From babies to the elderly, FAI Aviation Group flies 1,000 patients per year in its air ambulances.

The FAI Aviation Group flies around 11,000 hours per year in its air ambulances, transporting medical patients around the globe.

Dr Siegfried Axtmann, Managing Director of the Ambulance Division of Axtmann Aviation Holding GmbH, gave Editor-in-Chief Alan Peaford a tour around the company’s largest air ambulance, the Challenger 850. FAI is the first company to have a Global Express equipped for medical evacuation.

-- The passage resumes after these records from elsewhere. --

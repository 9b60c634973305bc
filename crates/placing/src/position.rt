// Position on one axis: the exact one, as base and offset, and the location, which is its nearest whole number.
ghost use Rattle.std.specs.Prelude.{◌≡◌, pos};
ghost use Rattle.exact.specs.Fit.{Bd};
ghost use Rattle.exact.specs.Divide.{nearest_div};
ghost use Rattle.plane.specs.Position.{axis_of, absolute_of, relative_of, location_of, in_range_of};
ghost use Rattle.plane.specs.Bounds.{AxisBounds, Locatable, most_number, most_point, most_product};

use exact::nearest_div;
use plane::position::{Axis, ExactPosition};

// A location is in range from -REACH to REACH.
const REACH: i64 = 1_000_000;

// Ten-thousandths of a plotter unit, which numbers count without scaling.
const UNSCALED: i64 = 10_000;

// The scale that the settings make of the points P1, P2 and of the numbers that stand there.
// A flag and numbers, and no Option: the list that C keeps has the numbers of a scale that is off too (Saved.antt).
pub fn axis_of(scaled: bool, p1: i64, p2: i64, least: i64, most: i64) -> Axis
    requires { Bd p1 most_point × Bd p2 most_point × Bd least most_number × Bd most most_number }
    ensures { result ≡ axis_of scaled p1 p2 least most }
{
    if scaled {
        return Axis {
            origin: p1,
            least,
            span: p2 - p1,
            width: most - least,
        };
    }
    Axis {
        origin: 0,
        least: 0,
        span: 1,
        width: UNSCALED,
    }
}

// The position of a number in absolute mode.
pub fn absolute(a: Axis, n: i64) -> ExactPosition
    requires { AxisBounds a × Bd n most_number }
    ensures { result ≡ absolute_of a n }
{
    ExactPosition {
        base: a.origin,
        offset: n - a.least,
    }
}

// The position a number further. The offset may have grown through many moves; its product with the span has not.
pub fn relative(p: ExactPosition, n: i64) -> ExactPosition
    requires { Bd p.offset most_product × Bd n most_number }
    ensures { result ≡ relative_of p n }
{
    ExactPosition {
        base: p.base,
        offset: p.offset + n,
    }
}

// The nearest whole number to n / width. Most drawings have no scale, and a number that the compiler knows divides faster.
fn over_width(n: i64, width: i64) -> i64
    requires { Bd n 0x4000_0000_0000_0000 × (Bd width 0x2000_0000_0000_0000 × (width ≡ pos 0 → ⊥)) }
    ensures { result ≡ nearest_div n width }
{
    if width == UNSCALED {
        return nearest_div(n, UNSCALED);
    }
    nearest_div(n, width)
}

// The nearest whole number to the exact position, and of two the larger.
pub fn location(a: Axis, p: ExactPosition) -> i64
    requires { Locatable a p }
    ensures { result ≡ location_of a p }
{
    p.base + over_width(p.offset * a.span, a.width)
}

pub fn in_range(n: i64) -> bool
    ensures { result ≡ in_range_of n }
{
    -REACH <= n && n <= REACH
}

Axtmann said: “You will see in the front, one intensive care unit (ICU), but the aircraft can carry up to three ICUs and still leave eight seats for accompanying medical teams and passengers

“We have approximately ten aircraft in permanent, dedicated air ambulance service, which starts up from the Lear 60 and goes up to the Global Express long range and VIP air ambulance.”

90 per cent are intensive care patients.

“We produce around 11,000 hours of air time per year, which represents 117 times circling around the globe, transporting on average 1000 patients per year – 90 per cent of the patients are undergoing intensive care treatment, so are critical cases. On the medical spectrum, we fly patients from a baby in an incubator up to 95-year-old cancer patient, for all kinds of medical reasons.”